We can dispense with Speakers who outrage common sense; we need instead seekers of the bargains that are just starting to surface in some, though by no means all, of the country’s long-battered housing markets.

And because the Boehners of this world may survive and even flourish, vetoing sensible additional economic stimulus packages, prospective home buyers need a new type mortgage loan—one that contains an option feature enabling them to insure against the possible continued decline in housing values in any given geographic area. Such a vehicle in fact exists, though the market is unknown to, and neglected by, most mortgage lenders.

Editor’s Note: For the etymologically challenged, de trop is French for “not wanted, unwelcome.”

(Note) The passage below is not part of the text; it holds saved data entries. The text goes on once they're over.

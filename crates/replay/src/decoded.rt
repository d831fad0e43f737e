//! Vectors of the body of a section, or of a module: which section it is of, its bytes, and `ok` with the normal form and how
//! many items it has, or `refused` with the place.

mod bodies;
mod built;
pub mod modules;

use crate::columns::columns;
use crate::decoded::bodies::{Answers, all_answers};
use crate::decoded::modules::{check_module, check_order_of, module_of};
use crate::mismatch::Mismatch;
use std::alloc::Global;

/// Holds the readers, the normalisers and the builders to the vector of a line.
pub fn check(alloc: Global, line: &str) -> Result<(), Mismatch> {
    let (section, body, answer) = columns(line)?;
    let body = hex::decode(alloc, body)?;
    check_answer(alloc, section, body.as_slice(), answer)
}

/// Checks that the calls answer so to the bytes.
fn check_answer(alloc: Global, section: &str, body: &[u8], answer: &str) -> Result<(), Mismatch> {
    if section == "order" {
        return check_order_of(alloc, body, answer);
    }
    match answer.split_once(' ') {
        Some(("ok", expected)) => check_taken(alloc, section, body, expected),
        Some(("refused", at)) => check_refused(alloc, section, body, at.parse().ok()),
        _ => Err(Mismatch::NotUnderstood),
    }
}

/// Checks that the bytes have this number of items and normal form.
fn check_taken(alloc: Global, section: &str, body: &[u8], expected: &str) -> Result<(), Mismatch> {
    let (count, normal) = expected.split_once(' ').ok_or(Mismatch::NotUnderstood)?;
    let count: usize = count.parse().ok().ok_or(Mismatch::NotUnderstood)?;
    let normal = hex::decode(alloc, normal)?;
    if section == "module" {
        return check_module(alloc, body, normal.as_slice(), count);
    }
    check_body(alloc, section, body, normal.as_slice(), count)
}

/// Checks that the calls answer so to the body and to the module of that section, and refuse each part of the body.
fn check_body(
    alloc: Global,
    section: &str,
    body: &[u8],
    normal: &[u8],
    count: usize,
) -> Result<(), Mismatch> {
    check_given(alloc, section, body, normal, count)?;
    check_cuts(alloc, section, body)?;
    let module = module_of(alloc, section, body)?;
    let expected = module_of(alloc, section, normal)?;
    check_module(alloc, module.as_slice(), expected.as_slice(), 1)
}

/// The bytes hold so many items, and have this normal form, which is its own and alone is read strictly.
pub fn check_given(
    alloc: Global,
    section: &str,
    body: &[u8],
    normal: &[u8],
    count: usize,
) -> Result<(), Mismatch> {
    check_one(alloc, section, body, normal, count)?;
    check_one(alloc, section, normal, normal, count)
}

/// The bytes hold so many items, and have this normal form. They are read strictly if they are it.
fn check_one(
    alloc: Global,
    section: &str,
    body: &[u8],
    normal: &[u8],
    count: usize,
) -> Result<(), Mismatch> {
    let answers = all_answers(alloc, section, body)?;
    if answers.read != Ok(count) {
        return Err(Mismatch::Read);
    }
    match answers.strict {
        Ok(given) if body == normal && given == count => {}
        Err(_) if body != normal => {}
        _ => return Err(Mismatch::ReadStrictly),
    }
    match answers.normal {
        Ok(written) if written.as_slice() == normal => Ok(()),
        _ => Err(Mismatch::Normalised),
    }
}

/// Each part of the body from its beginning is refused, but for a custom section, which may hold any bytes after its name.
pub fn check_cuts(alloc: Global, section: &str, body: &[u8]) -> Result<(), Mismatch> {
    if section == "custom" {
        return Ok(());
    }
    for len in 0..body.len() {
        check_cut(alloc, section, &body[..len])?;
    }
    Ok(())
}

/// The place where the reader and the normaliser refuse the part. The strict reader refuses it no later.
pub fn check_cut(alloc: Global, section: &str, cut: &[u8]) -> Result<usize, Mismatch> {
    cut_at(&all_answers(alloc, section, cut)?, cut.len())
}

/// The place where the reader and the normaliser refuse the part of this length. The strict reader refuses it no later.
pub fn cut_at(answers: &Answers, len: usize) -> Result<usize, Mismatch> {
    match (answers.read, &answers.normal, answers.strict) {
        (Err(at), Err(place), Err(strict)) if *place == at && strict <= at && at <= len => Ok(at),
        _ => Err(Mismatch::Cut),
    }
}

/// The bytes are refused at this place, and the module of such a section after its header.
fn check_refused(
    alloc: Global,
    section: &str,
    body: &[u8],
    at: Option<usize>,
) -> Result<(), Mismatch> {
    let at = at.ok_or(Mismatch::NotUnderstood)?;
    check_refusal(alloc, section, body, at)?;
    if section == "module" {
        return Ok(());
    }
    let module = module_of(alloc, section, body)?;
    check_refusal(alloc, "module", module.as_slice(), 8)
}

/// The readers and the normaliser refuse the bytes, the wide ones at this place.
pub fn check_refusal(alloc: Global, section: &str, body: &[u8], at: usize) -> Result<(), Mismatch> {
    let answers = all_answers(alloc, section, body)?;
    if answers.read != Err(at) {
        return Err(Mismatch::Read);
    }
    if answers.strict.is_ok() {
        return Err(Mismatch::ReadStrictly);
    }
    match answers.normal {
        Err(place) if place == at => Ok(()),
        _ => Err(Mismatch::Normalised),
    }
}
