//! Vectors of type sections: `entry`, the words of one entry, its bytes, and the section of it; or `section`, the words
//! of some entries, the section, and how many entries it has.

use crate::mismatch::Mismatch;
use crate::sink::arguments::value_type;
use crate::type_tokens::{field_type, flag, storage_type};
use crate::words::{Words, items, number};
use std::alloc::Global;
use wasm_encoder::{
    ArrayType, CompositeInnerType, CompositeType, ContType, CoreTypeEncoder, Encode, EncodeError,
    FieldType, FuncType, Items, StructType, SubType, TypeEntry, TypeSection, read_type_section,
};

/// Holds an entry, the section of it, and the reader to the vector.
pub fn check_entry(alloc: Global, words: &str, hex: &str, section: &str) -> Result<(), Mismatch> {
    let mut types = TypeSection::new(alloc);
    let entry = add_entry(alloc, &mut Words::new(alloc, words)?, &mut types)?;
    check_bytes(alloc, &entry, hex)?;
    check_bytes(alloc, &types, section)?;
    check_types(alloc, &[entry], section)
}

/// `entries` writes the section, and the reader gives the entries back.
fn check_types(alloc: Global, entries: &[TypeEntry], section: &str) -> Result<(), Mismatch> {
    check_bytes(alloc, &section_of(alloc, entries)?, section)?;
    let section = hex::decode(alloc, section)?;
    if read_type_section(alloc, after_size(&section)?)?.as_slice() == entries {
        Ok(())
    } else {
        Err(Mismatch::Read)
    }
}

/// The value is encoded as these bytes.
fn check_bytes<T: Encode>(alloc: Global, value: &T, hex: &str) -> Result<(), Mismatch> {
    let expected = hex::decode(alloc, hex)?;
    let mut bytes = Vec::new(alloc);
    value.encode(&mut bytes)?;
    if bytes == expected {
        Ok(())
    } else {
        Err(Mismatch::Written)
    }
}

/// A section that `entries` filled.
fn section_of(alloc: Global, entries: &[TypeEntry]) -> Result<TypeSection, Mismatch> {
    let mut types = TypeSection::new(alloc);
    types.entries(entries)?;
    Ok(types)
}

/// The body of a section: the bytes after its size, whose last byte is the first below 128.
fn after_size(section: &[u8]) -> Result<&[u8], Mismatch> {
    let last = section.iter().position(|byte| *byte < 0x80);
    let rest = last.and_then(|last| section.get(last.saturating_add(1)..));
    rest.ok_or(Mismatch::NotUnderstood)
}

/// Holds a section of some entries to the vector.
pub fn check_section(alloc: Global, words: &str, hex: &str, len: &str) -> Result<(), Mismatch> {
    let types = add_entries(alloc, &mut Words::new(alloc, words)?)?;
    if number(len) != Some(types.len()) {
        return Err(Mismatch::Written);
    }
    check_bytes(alloc, &types, hex)
}

/// Makes the calls that the words give, after their number.
fn add_entries(alloc: Global, words: &mut Words<'_>) -> Result<TypeSection, Mismatch> {
    let count = words.read("entries", number)?;
    let mut types = TypeSection::new(alloc);
    for _ in 0..count {
        add_entry(alloc, words, &mut types)?;
    }
    Ok(types)
}

/// Makes the call that the words give, and gives the entry that it adds.
fn add_entry(
    alloc: Global,
    words: &mut Words<'_>,
    types: &mut TypeSection,
) -> Result<TypeEntry, Mismatch> {
    let call = words.next()?;
    let entry = entry(alloc, call, words)?;
    add(types.ty(), call, &entry)?;
    Ok(entry)
}

/// The entry that a call of this name adds.
fn entry(alloc: Global, call: &str, words: &mut Words<'_>) -> Result<TypeEntry, Mismatch> {
    Ok(match call {
        "subtype" => TypeEntry::Sub(sub_type(alloc, words)?),
        "rec" => TypeEntry::Rec(Items::from(group(alloc, words)?)),
        _ => final_entry(alloc, inner_type(alloc, call, words)?),
    })
}

/// Makes the call of this name that adds the entry.
fn add(types: CoreTypeEncoder<'_>, call: &str, entry: &TypeEntry) -> Result<(), EncodeError> {
    match entry {
        TypeEntry::Sub(ty) if call == "subtype" => types.subtype(ty),
        TypeEntry::Sub(ty) => add_inner(types, call, &ty.composite_type.inner),
        TypeEntry::Rec(_) => add_group(types, entry.try_clone()?),
    }
}

fn add_inner(
    types: CoreTypeEncoder<'_>,
    call: &str,
    inner: &CompositeInnerType,
) -> Result<(), EncodeError> {
    match inner {
        CompositeInnerType::Func(ty) => add_function(types, call, ty),
        CompositeInnerType::Array(ty) => types.array(&ty.0.element_type, ty.0.mutable),
        CompositeInnerType::Struct(ty) => types.struct_(ty.fields.as_slice().iter().copied()),
        CompositeInnerType::Cont(ty) => types.cont(ty),
    }
}

fn add_function(types: CoreTypeEncoder<'_>, call: &str, ty: &FuncType) -> Result<(), EncodeError> {
    if call == "func_type" {
        types.func_type(ty)
    } else {
        types.function(ty.params().iter().copied(), ty.results().iter().copied())
    }
}

fn add_group(types: CoreTypeEncoder<'_>, group: TypeEntry) -> Result<(), EncodeError> {
    match group {
        TypeEntry::Sub(ty) => types.subtype(&ty),
        TypeEntry::Rec(group) => types.rec(group.into_vec().into_iter()),
    }
}

/// The entry of one type: final, without supertypes, not shared.
fn final_entry(alloc: Global, inner: CompositeInnerType) -> TypeEntry {
    TypeEntry::Sub(SubType {
        is_final: true,
        supertype_idxs: Items::new(alloc),
        composite_type: CompositeType {
            inner,
            shared: false,
            descriptor: None,
            describes: None,
        },
    })
}

/// A field, as `field:1:i8`.
fn field(token: &str) -> Option<FieldType> {
    field_type(token.strip_prefix("field:")?)
}

/// Two lists of value types.
fn function(alloc: Global, words: &mut Words<'_>) -> Result<FuncType, Mismatch> {
    let params = words.items(alloc, "list", value_type)?;
    let results = words.items(alloc, "list", value_type)?;
    Ok(FuncType::new(alloc, params, results)?)
}

/// A storage type, and whether it can be written.
fn array(words: &mut Words<'_>) -> Result<ArrayType, Mismatch> {
    let element_type = words.read("storage", storage_type)?;
    let mutable = words.read("mut", flag)?;
    Ok(ArrayType(FieldType {
        element_type,
        mutable,
    }))
}

/// The types of a group, after their number.
fn group(alloc: Global, words: &mut Words<'_>) -> Result<Vec<SubType>, Mismatch> {
    let count = words.read("subs", number)?;
    let mut types = Vec::new(alloc);
    for _ in 0..count {
        types.push(sub_type(alloc, words)?)?;
    }
    Ok(types)
}

/// Reads `sub`, the parts before a composite type, and its inner type.
fn sub_type(alloc: Global, words: &mut Words<'_>) -> Result<SubType, Mismatch> {
    if words.next()? != "sub" {
        return Err(Mismatch::NotUnderstood);
    }
    let is_final = words.read("final", flag)?;
    let supertypes = words.value("supers")?;
    let shared = words.read("shared", flag)?;
    let describes = words.read("describes", optional_index)?;
    let descriptor = words.read("descriptor", optional_index)?;
    let inner = inner_type(alloc, words.next()?, words)?;
    Ok(SubType {
        is_final,
        supertype_idxs: Items::from(items(alloc, supertypes, number)?),
        composite_type: CompositeType {
            inner,
            shared,
            descriptor,
            describes,
        },
    })
}

/// `none` or an index.
fn optional_index(text: &str) -> Option<Option<u32>> {
    match text {
        "none" => Some(None),
        index => Some(Some(number(index)?)),
    }
}

/// Reads the inner type of a composite type, by its name or that of a call.
fn inner_type(
    alloc: Global,
    name: &str,
    words: &mut Words<'_>,
) -> Result<CompositeInnerType, Mismatch> {
    Ok(match name {
        "func" | "function" | "func_type" => CompositeInnerType::Func(function(alloc, words)?),
        "array" => CompositeInnerType::Array(array(words)?),
        "struct" | "struct_" => {
            let fields = words.items(alloc, "list", field)?;
            CompositeInnerType::Struct(StructType::new(alloc, fields.as_slice())?)
        }
        "cont" => CompositeInnerType::Cont(ContType(words.read("u32", number)?)),
        _ => return Err(Mismatch::NotUnderstood),
    })
}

Sanford Rose, of New Jersey and Florida, served as Associate Editor of Fortune Magazine from 1968 till 1972; Vice President of Chase Manhattan Bank in 1972; Senior Editor of Fortune between 1972 and 1979; and Associate Editor, Financial Editor and Senior Columnist of American Banker newspaper between 1979 and 1991. From 1991 till 2001, Rose worked as a consultant in the banking industry and a professional ghost writer in the field of finance. He has also taught as an adjunct professor of banking at Columbia University and an adjunct instructor of economics at New York University. He states that he left gainful employment in 2001 to concentrate on gain-less investing. (A lifelong photo-phobe, Rose also claims that the head shot accompanying his Weekly Hubris columns is not his own, but belongs, instead, to a skilled woodworker residing in South Carolina.)

2 Comments

  • Jim Daley

    Sandy: you rascal! remember me from the ‘naught(y) Medici days? Yes, I understand gain-less investing now. Stumbled across your 2/21 “We Flunked” post (seems like Obama read it too) . I’m trying to get off the ground a venture that does debt-for-equity swaps of underwater mortgages. Besides developing a market for shared-equity paper the barriers to converting the underwater mortgage to a 100% LTV + an equity participation security are legion. Particularly when attempting this in mortgage pools (where most of the underwater mtgs sit) e.g.:
    1. servicer conflict of interest since they hold 2nds on many of the underwaters they service. How to allow banks & insurance cos holding MBSs to recognize the capital writedowns overtime
    2. the illegality of inducing borrowers to default in order to give the servicer the right to do a debt-for-equity modification under typical Pooling Servicing Agreement rules.
    3. tranche warfare
    Yet Ocwen financial, in your backyard, have started doing similar conversions! I still remember your series on servicing portfolio accounting & valuation published in the AB last century. My email is jqq@comcast.net – drop me an email with your contact and we can catch up.

    • srose

      Jim:
      Yes, obstacles are manifold. I remember complaining about banks’ use of accounting to avoid recognition of losses. But such is the macroeconomic emrgency that now I side with the banks. Loss deferral is the key to economic recovery. My first post on this blog was entitled “The Value of Mutual Can-Kicking.” I advocated the need to move quickly in order to go slowly. Sometimes paradox is not mere literary artifice.
      It sounds like you’re doing great work.